With the development of microelectromechanical systems (MEMS) and very large-scale integration (VLSI), there is an increasing requirement in the miniaturization and integration of power sources. The reduction in size and power requirement of electronic devices is the major driving force behind the development of all-solid-state thin-film batteries. Applications focus on the improvement of existing consumer and medical products, such as smart cards, sensors, portable electronic devices, as well as on the integration with electronic chips and microelectromechanical systems. With better integration compatibility and electrochemical performance, thin-film lithium ion battery becomes the optimal choice for miniaturization and integration of MEMS and VLSI power.

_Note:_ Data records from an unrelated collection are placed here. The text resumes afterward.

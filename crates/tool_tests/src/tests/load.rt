//! The entries of a dump, stored.

ghost use Rattle.disk_model.specs.MemDisk.{state_in};
ghost use Rattle.disk_theory.specs.Sound.{IsQuiet};

use super::dump::{DUMP, EMPTY, OF_THREE, OTHER, THREE_RECORDS, dump_of_two_chunks};
use super::*;
use std::test::Fail;

const LOAD: &str = "2000 load";

const LOADED_ONE: &[u8] = b"loaded 1\n";

const BAD_FIRST: &[u8] = b"bad dump 1\n";

const BAD_SECOND: &[u8] = b"bad dump 2\n";

const OF_ONE: [Row<'static>; 6] = [
    (LOAD, DUMPED, Status::Done, LOADED_ONE),
    ("2001 get :https://example.com/", b"", Status::Done, FOUND),
    (
        "2001 list",
        b"",
        Status::Done,
        b"records 1\n68BC13FA477009A295E32BF01651A14CAB377A5C 1000 DA39A3EE5E6B4B0D 65535 65535 0 80000001\n",
    ),
    ("2001 verify", b"", Status::Done, b"findings 0\n"),
    (DUMP, b"", Status::Done, DUMPED),
    (LOAD, EMPTY, Status::Done, b"loaded 0\n"),
];

// The moment of the run has no part in the entry. What stood under the key is replaced, whatever its version.
#[test]
fn a_dump_is_loaded(rt: HostRuntime) -> Result<(), Fail> {
    assert!(rt; rows_turn(rt.alloc(), KEY, None, &OF_ONE, Some(FILE))?);
    for file in [USED, FIRST, DAMAGED, b"hello".as_slice()] {
        assert!(rt; rows_turn(rt.alloc(), KEY, Some(file), &OF_ONE, Some(FILE))?);
    }
    Ok(())
}

const OF_ALL: [Row<'static>; 5] = [
    (LOAD, OF_THREE, Status::Done, b"loaded 3\n"),
    ("2001 list", b"", Status::Done, THREE_RECORDS),
    (DUMP, b"", Status::Done, OF_THREE),
    (LOAD, OF_THREE, Status::Done, b"loaded 3\n"),
    (DUMP, b"", Status::Done, OF_THREE),
];

// Each item has a header and elements of its own, and its entry is pinned where they say so.
#[test]
fn all_items_are_loaded(rt: HostRuntime) -> Result<(), Fail> {
    assert!(rt; rows_turn(rt.alloc(), KEY, None, &OF_ALL, None)?);
    Ok(())
}

// Whether a dump goes back to the same bytes.
fn goes_back(alloc: Global, dump: &[u8], file: &[u8]) -> Result<bool, Fail> {
    let rows: [Row<'_>; 2] = [
        (LOAD, dump, Status::Done, LOADED_ONE),
        (DUMP, b"", Status::Done, dump),
    ];
    rows_turn(alloc, KEY, None, &rows, Some(file))
}

#[test]
fn a_body_of_two_chunks_is_loaded(rt: HostRuntime) -> Result<(), Fail> {
    let file = file_of_two_chunks(rt.alloc())?;
    let dump = dump_of_two_chunks(rt.alloc())?;
    assert!(rt; goes_back(rt.alloc(), dump.as_slice(), file.as_slice())?);
    Ok(())
}

// An item with an element of 200,000 times `v`, which no `set` takes.
const BEFORE_VALUE: &[u8] = b"C2DUMP01\x01\0\0\0\x02:x\0\0\0\0\0\x03\x0d\x6a\xd2\x0f\x0f\x81\
    \0\0\0\x03\0\0\0\x01\0\0\x03\xe8\0\0\x03\xe8\0\0\x03\xe8\xff\xff\xff\xff\0\0\0\x02\0\0\0\0\
    :x\0e\0";

#[test]
fn long_elements_are_loaded(rt: HostRuntime) -> Result<(), Fail> {
    let dump = repeated(rt.alloc(), BEFORE_VALUE, b'v', 200_000, b"\0\0")?;
    let mut disk = MemDisk::new(rt.alloc());
    let rows: [Row<'_>; 2] = [
        (LOAD, dump.as_slice(), Status::Done, LOADED_ONE),
        (DUMP, b"", Status::Done, dump.as_slice()),
    ];
    assert!(rt; rows_so(rt.alloc(), &mut disk, &rows)? == 2);
    Ok(())
}

// The items of the keys `KEY` and `:x`, in the order of their names.
fn first_item() -> &'static [u8] {
    &DUMPED[8..107]
}

fn second_item() -> &'static [u8] {
    &OTHER[8..69]
}

// A dump of these items.
fn dump_of(alloc: Global, first: &[u8], second: &[u8]) -> Result<Bytes, Fail> {
    let mut dump = bytes(alloc, b"C2DUMP01")?;
    dump.extend(first)?;
    dump.extend(second)?;
    dump.push(0)?;
    Ok(dump)
}

// The bytes with another one in a place.
fn changed(alloc: Global, all: &[u8], place: usize, byte: u8) -> Result<Bytes, Fail> {
    let mut list = Bytes::new(alloc);
    for index in 0..all.len() {
        list.push(if index == place { byte } else { all[index] })?;
    }
    Ok(list)
}

// Items whose keys may not be written: with a newline, without a colon after a tag, with a zero byte, without a
// colon, and without a byte. Their hashes are right.
const BAD_KEYS: [&[u8]; 5] = [
    b"\x01\0\0\0\x04:x\ny\0\0\0\0\0\0\0\x29\x37\x6b\xa7\xb4\
    \0\0\0\x03\0\0\0\x01\0\0\x03\xe8\0\0\x03\xe8\0\0\x03\xe8\xff\xff\xff\xff\0\0\0\x04\0\0\0\0:x\ny\0",
    b"\x01\0\0\0\x03a:x\0\0\0\0\0\0\0\x28\x81\x49\x61\x2d\
    \0\0\0\x03\0\0\0\x01\0\0\x03\xe8\0\0\x03\xe8\0\0\x03\xe8\xff\xff\xff\xff\0\0\0\x03\0\0\0\0a:x\0",
    b"\x01\0\0\0\x03:x\0\0\0\0\0\0\0\0\x28\xd3\x73\x80\xb1\
    \0\0\0\x03\0\0\0\x01\0\0\x03\xe8\0\0\x03\xe8\0\0\x03\xe8\xff\xff\xff\xff\0\0\0\x03\0\0\0\0:x\0\0",
    b"\x01\0\0\0\x01x\0\0\0\0\0\0\0\x26\xe9\xea\xf7\x23\
    \0\0\0\x03\0\0\0\x01\0\0\x03\xe8\0\0\x03\xe8\0\0\x03\xe8\xff\xff\xff\xff\0\0\0\x01\0\0\0\0x\0",
    b"\x01\0\0\0\0\0\0\0\0\0\0\0\x25\x0e\x4c\x72\x61\
    \0\0\0\x03\0\0\0\x01\0\0\x03\xe8\0\0\x03\xe8\0\0\x03\xe8\xff\xff\xff\xff\0\0\0\0\0\0\0\0\0",
];

// The item of `KEY` with the block that its file has in version 2.
const OLD_ITEM: &[u8] =
    b"\x01\0\0\0\x15:https://example.com/\0\0\0\x05hello\0\0\0\x3c\x29\xd6\x32\xf8\x39\x9e\
    \0\0\0\x02\0\0\0\x01\0\0\x03\xe8\0\0\x03\xe8\0\0\x03\xe8\xff\xff\xff\xff\0\0\0\x15\0\0\0\0:https://example.com/\0";

// A disk with an entry of each key, both of them other ones than those of the dumps.
fn two_others(alloc: Global) -> Result<MemDisk, Fail> {
    let mut disk = disk_with(alloc, KEY, USED)?;
    ends(alloc, &mut disk, "1500 put :x", b"old")?;
    Ok(disk)
}

// What a `get` prints of the second key: as it was, as it is loaded, or nothing.
const OLD_OTHER: &[u8] = b"found 1 1500 1500 1500 4294967295 0 0 3\n\nold\n";

const NEW_OTHER: &[u8] = b"found 1 1000 1000 1000 4294967295 0 0 5\n\nhello\n";

// Whether these bytes are loaded so, and then this stands under the first key, and this is printed of the second.
// Nothing stands under another name.
fn leaves(
    alloc: Global,
    input: &[u8],
    status: Status,
    line: &[u8],
    first: Option<&[u8]>,
    second: &[u8],
) -> Result<bool, Fail> {
    let mut disk = two_others(alloc)?;
    let so = comes_so(alloc, &mut disk, &(LOAD, input, status, line))?;
    let (_, found) = ends(alloc, &mut disk, "2001 get :x", b"")?;
    let (_, listed) = ends(alloc, &mut disk, "2001 rebuild", b"")?;
    let due = match (first.is_some(), second == ABSENT) {
        (false, true) => b"rebuilt 0\n".as_slice(),
        (true, false) => b"rebuilt 2\n".as_slice(),
        _ => b"rebuilt 1\n".as_slice(),
    };
    Ok(so && holds(&disk, KEY, first) && found.as_slice() == second && listed.as_slice() == due)
}

#[test]
fn both_items_are_loaded(rt: HostRuntime) -> Result<(), Fail> {
    let both = dump_of(rt.alloc(), first_item(), second_item())?;
    let so = leaves(
        rt.alloc(),
        both.as_slice(),
        Status::Done,
        b"loaded 2\n",
        Some(FILE),
        NEW_OTHER,
    )?;
    assert!(rt; so);
    Ok(())
}

// What comes before the bad item is loaded, and what stood under the key of one that is bad after its key is gone.
#[test]
fn an_item_is_bad(rt: HostRuntime) -> Result<(), Fail> {
    let alloc = rt.alloc();
    let bad = Status::Script;
    let damaged = changed(alloc, DUMPED, 38, b'j')?;
    assert!(rt; leaves(alloc, damaged.as_slice(), bad, BAD_FIRST, None, OLD_OTHER)?);
    assert!(rt;
        leaves(
            alloc,
            &DUMPED[..107],
            bad,
            BAD_SECOND,
            Some(FILE),
            OLD_OTHER
        )?
    );
    let more = dump_of(alloc, first_item(), b"\0")?;
    assert!(rt;
        leaves(
            alloc,
            more.as_slice(),
            bad,
            BAD_SECOND,
            Some(FILE),
            OLD_OTHER
        )?
    );
    let other = changed(alloc, second_item(), 12, b'j')?;
    let second = dump_of(alloc, first_item(), other.as_slice())?;
    assert!(rt;
        leaves(
            alloc,
            second.as_slice(),
            bad,
            BAD_SECOND,
            Some(FILE),
            ABSENT
        )?
    );
    let old = dump_of(alloc, OLD_ITEM, b"")?;
    assert!(rt; leaves(alloc, old.as_slice(), bad, BAD_FIRST, None, OLD_OTHER)?);
    Ok(())
}

// Of an item that is bad in its key nothing was written, and nothing is gone.
#[test]
fn a_key_is_bad(rt: HostRuntime) -> Result<(), Fail> {
    let alloc = rt.alloc();
    let bad = Status::Script;
    for input in [b"".as_slice(), b"C2DUMP02\0", b"C2DUMP01", b"C2DUMP01\x02"] {
        assert!(rt; leaves(alloc, input, bad, BAD_FIRST, Some(USED), OLD_OTHER)?);
    }
    for key in BAD_KEYS {
        let dump = dump_of(alloc, key, b"")?;
        assert!(rt;
            leaves(
                alloc,
                dump.as_slice(),
                bad,
                BAD_FIRST,
                Some(USED),
                OLD_OTHER
            )?
        );
    }
    let swapped = dump_of(alloc, second_item(), first_item())?;
    assert!(rt;
        leaves(
            alloc,
            swapped.as_slice(),
            bad,
            BAD_SECOND,
            Some(USED),
            NEW_OTHER
        )?
    );
    let twice = dump_of(alloc, first_item(), first_item())?;
    assert!(rt;
        leaves(
            alloc,
            twice.as_slice(),
            bad,
            BAD_SECOND,
            Some(FILE),
            OLD_OTHER
        )?
    );
    Ok(())
}

// What stands under the key when so many bytes of its dump are read: what stood before, until its key is read, and then
// nothing, until its block is.
fn file_behind(len: usize) -> Option<&'static [u8]> {
    if len < 34 {
        Some(USED)
    } else if len < 107 {
        None
    } else {
        Some(FILE)
    }
}

#[test]
fn no_cut_is_loaded(rt: HostRuntime) -> Result<(), Fail> {
    for len in 0..108usize {
        let line = if len < 107 { BAD_FIRST } else { BAD_SECOND };
        let cut = DUMPED.get(..len).ok_or("too short")?;
        let so = leaves(
            rt.alloc(),
            cut,
            Status::Script,
            line,
            file_behind(len),
            OLD_OTHER,
        )?;
        assert!(rt; so, "{len} bytes");
    }
    Ok(())
}

// Whether a dump with this change of a byte is refused, and leaves no entry on an empty disk but that of a whole item
// before it.
fn is_refused(alloc: Global, place: usize, change: u8) -> Result<bool, Fail> {
    let byte = *DUMPED.get(place).ok_or("too short")?;
    let dump = changed(alloc, DUMPED, place, byte ^ change)?;
    let mut disk = MemDisk::new(alloc);
    let (line, left) = if place < 107 {
        (BAD_FIRST, EMPTY)
    } else {
        (BAD_SECOND, DUMPED)
    };
    let refused = comes_so(
        alloc,
        &mut disk,
        &(LOAD, dump.as_slice(), Status::Script, line),
    )?;
    Ok(refused && comes_so(alloc, &mut disk, &(DUMP, b"", Status::Done, left))?)
}

#[test]
fn no_changed_byte_is_loaded(rt: HostRuntime) -> Result<(), Fail> {
    for place in 0..108usize {
        for change in [1u8, 0x80, 0xFF] {
            let so = is_refused(rt.alloc(), place, change)?;
            assert!(rt; so, "byte {place}");
        }
    }
    Ok(())
}

// Whether the source fails at its read of this number, of one byte each, and what was whole by then stands.
fn starves(alloc: Global, number: u32) -> Result<bool, Fail> {
    let mut disk = two_others(alloc)?;
    let (status, printed) = ends_starved(alloc, &mut disk, LOAD, DUMPED, number, 1)?;
    let read = number.saturating_sub(1) as usize;
    Ok(
        status == Status::Source
            && printed.as_slice().is_empty()
            && holds(&disk, KEY, file_behind(read)),
    )
}

// A failure is not taken for the end, also not where the last byte was read.
#[test]
fn a_failing_source_leaves_whole_items(rt: HostRuntime) -> Result<(), Fail> {
    for number in 1..110u32 {
        assert!(rt; starves(rt.alloc(), number)?, "at read {number}");
    }
    Ok(())
}

// Whether the sink fails, and the entry stands.
fn is_cut(alloc: Global) -> Result<bool, Fail> {
    let mut disk = two_others(alloc)?;
    let (status, printed) = ends_cut(alloc, &mut disk, LOAD, DUMPED, 1)?;
    Ok(status == Status::Sink && printed.as_slice().is_empty() && holds(&disk, KEY, Some(FILE)))
}

#[test]
fn a_failing_sink_leaves_the_entries(rt: HostRuntime) -> Result<(), Fail> {
    assert!(rt; is_cut(rt.alloc())?);
    Ok(())
}

// How many calls of the disk a `load` of both items makes.
fn calls_of_load(alloc: Global, dump: &[u8]) -> Result<(u64, u64), Fail> {
    let mut disk = two_others(alloc)?;
    let before = disk.calls();
    ends(alloc, &mut disk, LOAD, dump)?;
    Ok((before, disk.calls()))
}

// Whether a `get` prints one of these texts, or that there is none.
fn is_whole(
    alloc: Global,
    disk: &mut MemDisk,
    line: &str,
    old: &[u8],
    new: &[u8],
) -> Result<bool, Fail> {
    let (_, found) = ends(alloc, disk, line, b"")?;
    let text = found.as_slice();
    Ok(text == old || text == new || text == ABSENT)
}

// Whether the run ends at the call of this number, which fails, and prints nothing, and each entry is whole or gone
// then.
fn ends_there(alloc: Global, dump: &[u8], number: u32) -> Result<bool, Fail> {
    let mut disk = two_others(alloc)?;
    disk.fail_at(one_number(alloc, number)?);
    let (status, printed) = ends(alloc, &mut disk, LOAD, dump)?;
    let is_last = disk.calls() == u64::from(number);
    let whole = is_whole(
        alloc,
        &mut disk,
        "2001 get :https://example.com/",
        FOUND_USED,
        FOUND,
    )? && is_whole(alloc, &mut disk, "2001 get :x", OLD_OTHER, NEW_OTHER)?;
    let goes_on = comes_so(alloc, &mut disk, &(LOAD, dump, Status::Done, b"loaded 2\n"))?;
    Ok(
        status == Status::Disk
            && printed.as_slice().is_empty()
            && is_last
            && whole
            && goes_on
            && holds(&disk, KEY, Some(FILE)),
    )
}

// Looks are no exception: no line `fault` is printed, and the cache is not closed.
#[test]
fn each_failing_call_ends_the_load(rt: HostRuntime) -> Result<(), Fail> {
    let dump = dump_of(rt.alloc(), first_item(), second_item())?;
    let (before, after) = calls_of_load(rt.alloc(), dump.as_slice())?;
    assert!(rt;
        before > 0 && after > before.saturating_add(20) && after < 200,
        "{before} and {after} calls"
    );
    for number in 1..200u32 {
        if before < u64::from(number) && u64::from(number) <= after {
            let so = ends_there(rt.alloc(), dump.as_slice(), number)?;
            assert!(rt; so, "at call {number}");
        }
    }
    Ok(())
}

const MALFORMED: [Row<'static>; 4] = [
    ("2000 load x", DUMPED, Status::Words, b""),
    ("2000 load ", DUMPED, Status::Words, b""),
    ("x load", DUMPED, Status::Words, b""),
    (
        "2000 run",
        b"state\nload\n",
        Status::Script,
        b"ready\nscript 2\n",
    ),
];

#[test]
fn a_load_is_a_verb_alone(rt: HostRuntime) -> Result<(), Fail> {
    assert!(rt; rows_turn(rt.alloc(), KEY, None, &MALFORMED, None)?);
    Ok(())
}

// The mark of no origin.
const MARK: &[u8] = b"\xda\x39\xa3\xee\x5e\x6b\x4b\x0d\xed\xdc\xe9\x58";

fn resumes(alloc: Global, disk: &mut MemDisk) -> Result<bool, Fail>
    requires { IsQuiet (state_in disk.old) }
{
    put_file(alloc, disk, place_of(":old"), b"")?;
    put_file(alloc, disk, place_of(KEY), USED)?;
    put_file(alloc, disk, Place::Clear, MARK)?;
    let other = dump_of(alloc, second_item(), b"")?;
    let so = comes_so(
        alloc,
        disk,
        &(LOAD, other.as_slice(), Status::Done, LOADED_ONE),
    )?;
    let dump = comes_so(alloc, disk, &(DUMP, b"", Status::Done, OTHER))?;
    Ok(so && dump && holds(disk, KEY, None) && disk.file(&Place::Clear).is_none())
}

// What a clearing has left goes first, and what is loaded stays.
#[test]
fn a_load_comes_after_a_clearing(rt: HostRuntime) -> Result<(), Fail> {
    let mut disk = MemDisk::new(rt.alloc());
    assert!(rt; resumes(rt.alloc(), &mut disk)?);
    Ok(())
}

Electrochemical (EC) capacitors, also called supercapacitors, are a kind of new-style energy-storing sources between conventional capacitors and batteries. They can provide high power densities and unusual cycleability and therefore are urgently needed for a number of technologically important systems. These systems include acceleration power for electric vehicles, electrical regenerative braking storage for electric drive systems, power assist to hybrid vehicles, starting power for fuel cells, pulse power for mobile telecommunication and other electronic devices which require high power to operate. In addition, when EC capacitors are coupled with batteries, they can reduce the peak power requirement, prolong the lifetime and reduce the energy requirement (or the size) of the battery. On the other hand, the big problem for the current supercapacitors such as carbon materials is their low energy density. Therefore, many researchers focus on the composite supercapacitor materials such as carbon-supported RuO_2 in order to increase the energy densities.
This thesis includes two major parts. Firstly, thin-film electrodes including LiCoO_2 cathode, SnO_2 anode and Li_4Ti_5O_(12) anode used for lithium ion batteries were successfully fabricated by a very novel and facile route of ink-jet printing technique. In addition, their structure, morphology and electrochemical performance were investigated in great detail. Secondly, RuO_2.xH_2O/MC composite materials obtained by loading small amount of amorphous hydrous ruthenium oxide nanoparticles on mesoporous carbon (MC) were fabricated and used for supercapacitors for the first time. Their electrochemical behaviors were also investigated.
The main results are as follows.
1. Nano-sized or single-crystalline materials including LiCoO_2, LiMn_2O_4, V_2O_5, SnO_2 and Li_4Ti_5O_(12) were synthesized by using tri-block copolymer amphiphilic surfactant (EO_(20)PO_(70)EO_(20), always abbreviated as P123) as a structure-directing agent through sol-gel process because nano-sized materials with good electrochemical activity are demanded during the subsequent ink-jet printing process. Among them, the nano-sized single-crystalline LiMn_2O_4 and single-crystalline V_2O_5 were synthesized for the first time by using this method. At the same time, the electrochemical performances of these materials were investigated.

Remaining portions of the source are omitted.